Aleksander Śliwka: nie popadamy w hurraoptymizm
W sobotę Polska odniosła drugie zwycięstwo w Siatkarskiej Lidze Narodów. W TAURON Arenie Kraków biało-czerwoni pokonali Rosję 3:0. – Nie popadamy w hurraoptymizm, choć nie da się ukryć, że to ważne zwycięstwo w kontekście tabeli Ligi Narodów – powiedział Aleksander Śliwka, przyjmujący polskiej drużyny. Dzisiaj polski zespół zmierzy się z Kanadą. Początek o godzinie 16.00. Transmisja na antenie Polsatu i Polsatu Sport.
Podopieczni Vitala Heynena w świetnym stylu pokonali siatkarzy Sbronej w drugim meczu Ligi Narodów w Polsce. To drugie zwycięstwo biało-czerwonych w tegorocznych rozgrywkach.
- Zagraliśmy świetne zawody. Myślę, że nie można było mieć większych zastrzeżeń do naszej gry. Wszystko funkcjonowało bardzo dobrze. Zdusiliśmy rosyjską drużynę w zarodku. Zagrali tak jak byliśmy na to przygotowani. Krótko mówiąc niczym nas nie zaskoczyli – powiedział Aleksander Śliwka.
Zawodnicy polskiej drużyny przez całe spotkanie wystrzegali się prostych błędów, czy to w ataku, czy polu serwisowym. Warto dodać, że dobrze zagrywali, wielokrotnie sprawiali Rosjanom problemy w przyjęciu. Ponadto świetnie blokowali, tylko w tym elemencie zdobyli 11 punktów, a Rosjanie zaledwie 5 oczek.
- W sobotę potrafiliśmy zrobić sporo krzywdy swoją zagrywką. Odrzuciliśmy swoim floatem Rosjan od siatki. To sprawiło, że nie byli już tacy groźni. Choć nie da się ukryć, że w drugim i trzecim secie zawodnicy z Rosji także wzmocnili swoją zagrywkę z wyskoku.
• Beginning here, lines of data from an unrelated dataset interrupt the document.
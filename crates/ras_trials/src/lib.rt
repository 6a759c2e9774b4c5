//! Tests of the libraries below the program but the hart's, as tables over their public calls.
//!
//! They stand apart from the crates that they try, so that each of these is proved once. A row is for what no clause
//! promises: an example from a standard, a text, a call that takes memory.
#![tactic(auto)]

#[cfg(test)]
mod demo;
#[cfg(test)]
mod hosts;
#[cfg(test)]
mod inputs;
#[cfg(test)]
mod words;
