//! Slots of a format that is written from its first byte on.
//!
//! A slot lies behind what was written, has the length of what is put there, and ends where there is room. What lies
//! between is filled with zeros.

ghost use Rattle.std.specs.Prelude.{◌≡◌, ◌+◌, ◌-◌, ◌≤◌, ◌++◌, length};
ghost use Rattle.arrayvec.specs.ArrayVec.{array_vec_len};
ghost use Rattle.byte_fields.specs.Fields.{bytes_field, little, number_field, padded, with_slot, zeros};

use crate::slot::Slot;
use arrayvec::ArrayVec;
use byteorder::{ByteOrder, LittleEndian};

/// Puts a number of one byte at its slot.
#[tactic(auto, unfolding(crate::specs::Fields::little))]
pub fn put_u8<const N: usize>(out: &mut ArrayVec<u8, N>, slot: Slot, value: u8)
    requires width { slot.width ≡ 1 }
    requires order { array_vec_len out.old ≤ slot.offset }
    requires room { slot.offset + 1 ≤ N }
    ensures items { out.new.items ≡ with_slot out.old.items (number_field slot value) }
    ensures len { array_vec_len out.new ≡ slot.offset + 1 }
{
    pad_to(out, slot.offset);
    out.push(value);
}

/// Puts a number of two bytes at its slot, the lowest first.
pub fn put_u16<const N: usize>(out: &mut ArrayVec<u8, N>, slot: Slot, value: u16)
    requires width { slot.width ≡ 2 }
    requires order { array_vec_len out.old ≤ slot.offset }
    requires room { slot.offset + 2 ≤ N }
    ensures items { out.new.items ≡ with_slot out.old.items (number_field slot value) }
    ensures len { array_vec_len out.new ≡ slot.offset + 2 }
{
    pad_to(out, slot.offset);
    push_bytes(out, &u16_bytes(value));
}

/// Puts a number of four bytes at its slot, the lowest first.
pub fn put_u32<const N: usize>(out: &mut ArrayVec<u8, N>, slot: Slot, value: u32)
    requires width { slot.width ≡ 4 }
    requires order { array_vec_len out.old ≤ slot.offset }
    requires room { slot.offset + 4 ≤ N }
    ensures items { out.new.items ≡ with_slot out.old.items (number_field slot value) }
    ensures len { array_vec_len out.new ≡ slot.offset + 4 }
{
    pad_to(out, slot.offset);
    push_bytes(out, &u32_bytes(value));
}

/// Puts a number of eight bytes at its slot, the lowest first.
pub fn put_u64<const N: usize>(out: &mut ArrayVec<u8, N>, slot: Slot, value: u64)
    requires width { slot.width ≡ 8 }
    requires order { array_vec_len out.old ≤ slot.offset }
    requires room { slot.offset + 8 ≤ N }
    ensures items { out.new.items ≡ with_slot out.old.items (number_field slot value) }
    ensures len { array_vec_len out.new ≡ slot.offset + 8 }
{
    pad_to(out, slot.offset);
    push_bytes(out, &u64_bytes(value));
}

/// Puts bytes at their slot.
pub fn put_bytes<const N: usize>(out: &mut ArrayVec<u8, N>, slot: Slot, bytes: &[u8])
    requires width { slot.width ≡ length bytes.now }
    requires order { array_vec_len out.old ≤ slot.offset }
    requires room { slot.offset + length bytes.now ≤ N }
    ensures items { out.new.items ≡ with_slot out.old.items (bytes_field slot bytes.now) }
    ensures len { array_vec_len out.new ≡ slot.offset + length bytes.now }
{
    pad_to(out, slot.offset);
    push_bytes(out, bytes);
}

/// Appends zeros up to this length. What is there isn't longer.
#[tactic(auto, unfolding(crate::specs::Fields::padded))]
pub fn pad_to<const N: usize>(out: &mut ArrayVec<u8, N>, to: usize)
    requires shorter { array_vec_len out.old ≤ to }
    requires room { to ≤ N }
    ensures items { out.new.items ≡ padded to out.old.items }
    ensures len { array_vec_len out.new ≡ to }
{
    let count = to - out.len();
    push_zeros(out, count);
}

/// Appends the bytes. There is room for them.
pub fn push_bytes<const N: usize>(out: &mut ArrayVec<u8, N>, bytes: &[u8])
    requires { array_vec_len out.old + length bytes.now ≤ N }
    ensures items { out.new.items ≡ out.old.items ++ bytes.now }
    ensures len { array_vec_len out.new ≡ array_vec_len out.old + length bytes.now }
{
    out.try_extend_from_slice(bytes).unwrap();
}

#[tactic(auto, unfolding(crate::specs::Fields::zeros))]
fn push_zeros<const N: usize>(out: &mut ArrayVec<u8, N>, count: usize)
    requires { array_vec_len out.old + count ≤ N }
    ensures items { out.new.items ≡ out.old.items ++ zeros count }
    ensures len { array_vec_len out.new ≡ array_vec_len out.old + count }
{
    for _done in 0..count {
        out.push(0);
    }
}

#[tactic(auto, unfolding(crate::specs::Fields::little))]
fn u16_bytes(value: u16) -> [u8; 2]
    ensures { result ≡ little 2 value }
{
    let mut bytes = [0; 2];
    LittleEndian::write_u16(&mut bytes, value);
    bytes
}

#[tactic(auto, unfolding(crate::specs::Fields::little))]
fn u32_bytes(value: u32) -> [u8; 4]
    ensures { result ≡ little 4 value }
{
    let mut bytes = [0; 4];
    LittleEndian::write_u32(&mut bytes, value);
    bytes
}

#[tactic(auto, unfolding(crate::specs::Fields::little))]
fn u64_bytes(value: u64) -> [u8; 8]
    ensures { result ≡ little 8 value }
{
    let mut bytes = [0; 8];
    LittleEndian::write_u64(&mut bytes, value);
    bytes
}
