//! Exchanges are planned, with memory.

ghost use Rattle.std.specs.Prelude.{◌≡◌, ◌<◌, ◌≤◌, ◌++◌, ℕ, true, None, Some, List, IfOk, OnOk, length, map};
ghost use Rattle.std.specs.List.{filter};
ghost use Rattle.std.specs.Option.{option_map};
ghost use Rattle.point_order.specs.declared.cell.Cell.{Cell};
ghost use Rattle.point_order.specs.Sets.{IsIn, IsAscending};
ghost use Rattle.cell_stars.specs.Places.{AreStars, cells_of, lies_in};
ghost use Rattle.cell_stars.specs.Plans.{AreBelow, or_else, set_all, IsOnceFor, MakesExchange};
ghost use Rattle.cell_stars.specs.Turns.{AreReady};
ghost use Rattle.cell_stars.specs.Moves.{AreKeysAfter, AreVerticesAt, HasSameCells, HasSameStars, IsRewriting};

use crate::around::{Around, copied_stars};
use crate::cells::Cells;
use crate::joined::Joined;
use crate::joins::{Joint, join};
use crate::matched::Matched;
use crate::moves::Moves;
use crate::plan::{PlacesPlan, Plan, StarsPlan};
use crate::slots::{Slot, copied_slots};
use crate::stock::{Stock, list_of};
use point_order::{Cell, Point};
use std::alloc::{AllocError, Global};

// The first number behind those that stand beside the elements.
fn behind_numbers<T>(list: &[(u32, T)]) -> usize
    ensures { (i : ℕ) (x : T) → IsIn (i, x) list.now → i < result }
{
    let mut end: usize = 0;
    for (i, _) in list {
        end = end.max(*i as usize + 1);
    }
    end
}

// Adds open places until there are so many.
fn add_slots(list: &mut Vec<Slot>, count: usize) -> Result<(), AllocError>
    ensures long { OnOk result (count ≤ length list.new.items) }
    ensures same { OnOk result (HasSameCells list.old.items list.new.items) }
{
    while list.len() < count {
        list.push(Slot::new(None))?;
    }
    Ok(())
}

// The places in a longer list, where there are fewer than so many. A list that grows does so by a quarter.
fn grown_slots(alloc: Global, slots: &[Slot], end: usize) -> Result<Option<Vec<Slot>>, AllocError>
    ensures long { IfOk result (λ list. end ≤ length (or_else (option_map (λ v. v.items) list) slots.now)) }
    ensures same { IfOk result (λ list. HasSameCells slots.now (or_else (option_map (λ v. v.items) list) slots.now)) }
{
    if end <= slots.len() {
        return Ok(None);
    }
    let count = end.max(slots.len().saturating_add(slots.len() / 4));
    let mut list = copied_slots(alloc, slots, count)?;
    add_slots(&mut list, count)?;
    Ok(Some(list))
}

// Adds stars without places of the vertex until there are so many.
fn add_stars(
    alloc: Global,
    list: &mut Vec<Around>,
    p: Point,
    count: usize,
) -> Result<(), AllocError>
    ensures long { IfOk result (λ _. count ≤ length list.new.items) }
    ensures same { IfOk result (λ _. HasSameStars list.old.items list.new.items) }
{
    while list.len() < count {
        list.push(Around {
            vertex: p,
            places: Vec::new(alloc),
        })?;
    }
    Ok(())
}

// The stars in a longer list, where there are fewer than so many. A list that grows does so by a quarter.
fn grown_stars(
    alloc: Global,
    stars: &[Around],
    writes: &[(u32, Around)],
    end: usize,
) -> Result<Option<Vec<Around>>, AllocError>
    requires { (n : ℕ) (s : ℕ × List ℕ) → IsIn (n, s) writes.now → n < end }
    ensures long { IfOk result (λ list. (n : ℕ) (s : ℕ × List ℕ) → IsIn (n, s) writes.now →
        n < length (or_else (option_map (λ v. v.items) list) stars.now)) }
    ensures same { IfOk result (λ list. HasSameStars stars.now (or_else (option_map (λ v. v.items) list) stars.now)) }
{
    let Some((_, first)) = writes.first() else {
        return Ok(None);
    };
    if end <= stars.len() {
        return Ok(None);
    }
    let count = end.max(stars.len().saturating_add(stars.len() / 4));
    let mut list = copied_stars(alloc, stars, count)?;
    add_stars(alloc, &mut list, first.vertex(), count)?;
    Ok(Some(list))
}

// What stands at places after the exchange: nothing at those that are freed, and then the cells that are put.
fn changes(alloc: Global, stock: &mut Stock, moves: &Moves) -> Result<Vec<(u32, Slot)>, AllocError>
    ensures { IfOk result (λ list. list.items ≡ map (λ i. (i, None)) moves.now.freed.items ++ map
        (λ m. (m.0, Some m.1)) moves.now.placed.items) }
{
    let count = moves.freed.len().saturating_add(moves.placed.len());
    let mut list = list_of(&mut stock.slots, alloc, count)?;
    for i in &moves.freed {
        list.push((*i, Slot::new(None)))?;
    }
    for (n, c) in &moves.placed {
        list.push((*n, Slot::new(Some(*c))))?;
    }
    Ok(list)
}

// Links the cells that are put, which are the last of the changes.
fn join_puts(
    alloc: Global,
    stock: &mut Stock,
    slots: &[Slot],
    fresh: &[Cell],
    joined: &Joined,
    moves: &Moves,
    changes: &mut Vec<(u32, Slot)>,
) -> Result<Vec<Joint>, AllocError>
    ensures { OnOk result (changes.new.items ≡ changes.old.items) }
{
    let first = moves.freed.len().min(changes.len());
    join(
        alloc,
        stock,
        slots,
        fresh,
        joined,
        moves,
        &mut changes[first..],
    )
}

impl Cells {
    // What becomes of the places.
    #[inline]
    fn plan_places(
        &self,
        alloc: Global,
        stock: &mut Stock,
        fresh: &[Cell],
        joined: &Joined,
        moves: &Moves,
    ) -> Result<PlacesPlan, AllocError>
        ensures same { IfOk result (λ plan. HasSameCells self.now.slots
            (or_else (option_map (λ v. v.items) plan.grown) self.now.slots)) }
        ensures long { IfOk result (λ plan. (i : ℕ) (c : Cell) → IsIn (i, c) moves.now.placed.items →
            i < length (or_else (option_map (λ v. v.items) plan.grown) self.now.slots)) }
        ensures slots { IfOk result (λ plan. plan.slots.items ≡ map (λ i. (i, None)) moves.now.freed.items ++ map
            (λ m. (m.0, Some m.1)) moves.now.placed.items) }
    {
        let end = behind_numbers(&moves.placed);
        let grown = grown_slots(alloc, &self.slots, end)?;
        let mut slots = changes(alloc, stock, moves)?;
        let rim = join_puts(alloc, stock, &self.slots, fresh, joined, moves, &mut slots)?;
        Ok(PlacesPlan {
            grown,
            slots,
            free: self
                .free
                .after_puts(alloc, stock, &moves.freed, moves.placed.len(), end)?,
            rim,
        })
    }

    // What becomes of the stars.
    #[inline]
    fn plan_stars(
        &self,
        alloc: Global,
        stock: &mut Stock,
        moves: &Moves,
        vertices: &[Point],
    ) -> Result<StarsPlan, AllocError>
        requires order { IsAscending moves.now.freed.items }
        requires vertices { IsAscending vertices.now }
        requires touched { AreVerticesAt self.now moves.now.freed.items moves.now.placed.items
            (filter (lies_in self.now.place) vertices.now) }
        ensures before { IfOk result (λ plan. AreStars self.now) }
        ensures stars { IfOk result (λ plan. IsRewriting self.now moves.now.freed.items moves.now.placed.items
            plan.stars.items) }
        ensures keys { IfOk result (λ plan. AreKeysAfter self.now.keys plan.stars.items
            (set_all plan.keys.parts.items (or_else (option_map (λ v. v.items) plan.keys.more) self.now.keys))) }
        ensures parts { IfOk result (λ plan. AreBelow
            (length (or_else (option_map (λ v. v.items) plan.keys.more) self.now.keys)) plan.keys.parts.items) }
        ensures same { IfOk result (λ plan. HasSameStars self.now.stars
            (or_else (option_map (λ v. v.items) plan.more) self.now.stars)) }
        ensures long { IfOk result (λ plan. (n : ℕ) (s : ℕ × List ℕ) → IsIn (n, s) plan.stars.items →
            n < length (or_else (option_map (λ v. v.items) plan.more) self.now.stars)) }
    {
        let stars = self.writes(alloc, stock, moves, vertices)?;
        let end = behind_numbers(&stars);
        let used = end.max(self.spare.behind() as usize);
        let keys = self.keys_after(alloc, stock, &stars, used)?;
        let more = grown_stars(alloc, &self.stars, &stars, end)?;
        let spare = self.spare.after_writes(alloc, stock, &stars, end)?;
        Ok(StarsPlan {
            more,
            stars,
            keys,
            spare,
        })
    }

    /// Plans an exchange of the gone for the fresh cells, as far as they touch the bucket. What was found once is to
    /// be of these cells. Where it is told that the exchange finds its cells, it is to do so, and no fresh cell is
    /// looked for. Lists are taken from the stock, as far as it has such.
    ///
    /// # Errors
    /// Want of memory, or of a number of 32 bits for a place or a star.
    pub fn plan(
        &self,
        alloc: Global,
        stock: &mut Stock,
        gone: &[Cell],
        fresh: &[Cell],
        matched: &Matched,
        found: bool,
    ) -> Result<Plan, AllocError>
        requires matched { IsOnceFor gone.now fresh.now matched.now }
        requires found { found ≡ true → AreReady self.now.place gone.now fresh.now (cells_of self.now.slots) }
        ensures { IfOk result (λ plan. MakesExchange gone.now fresh.now self.now plan) }
    {
        let moves = self.moves(alloc, stock, gone, fresh, matched, found)?;
        let stars = self.plan_stars(alloc, stock, &moves, matched.vertices())?;
        let places = self.plan_places(alloc, stock, fresh, &matched.joined, &moves)?;
        stock.keep_moves(moves);
        Ok(Plan { places, stars })
    }
}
Na szczęście w końcówkach setów udało się zachować zimną krew i zwyciężyć 3:0 – podkreślił przyjmujący.
Na koniec turnieju w Krakowie reprezentacja Polski zmierzy się z Kanadą. Kanadyjczcy podczas turnieju w Polsce przegrali jedno spotkanie z Rosją 0:3, a drugie wygrali z Koreą Południową 3:0.
- W niedzielę mamy kolejny mecz do rozegrania, więc nie popadamy w hurraoptymizm. Zroibimy wszystko, aby jak najlepiej przygotować się do tego spotkania. Nie da się ukryć, że to sobotnie spotkanie jest bardzo ważne w kontekście tabeli Ligi Narodów. W sobotę każdy swoją zagrywką dołożył cegiełkę do zwycięstwa. Tworzyliśmy zespół i jak widać mamy zgrany team. Mam nadzieję, że było to widać. Liczę, że będzie tak dalej – zakończył Śliwka.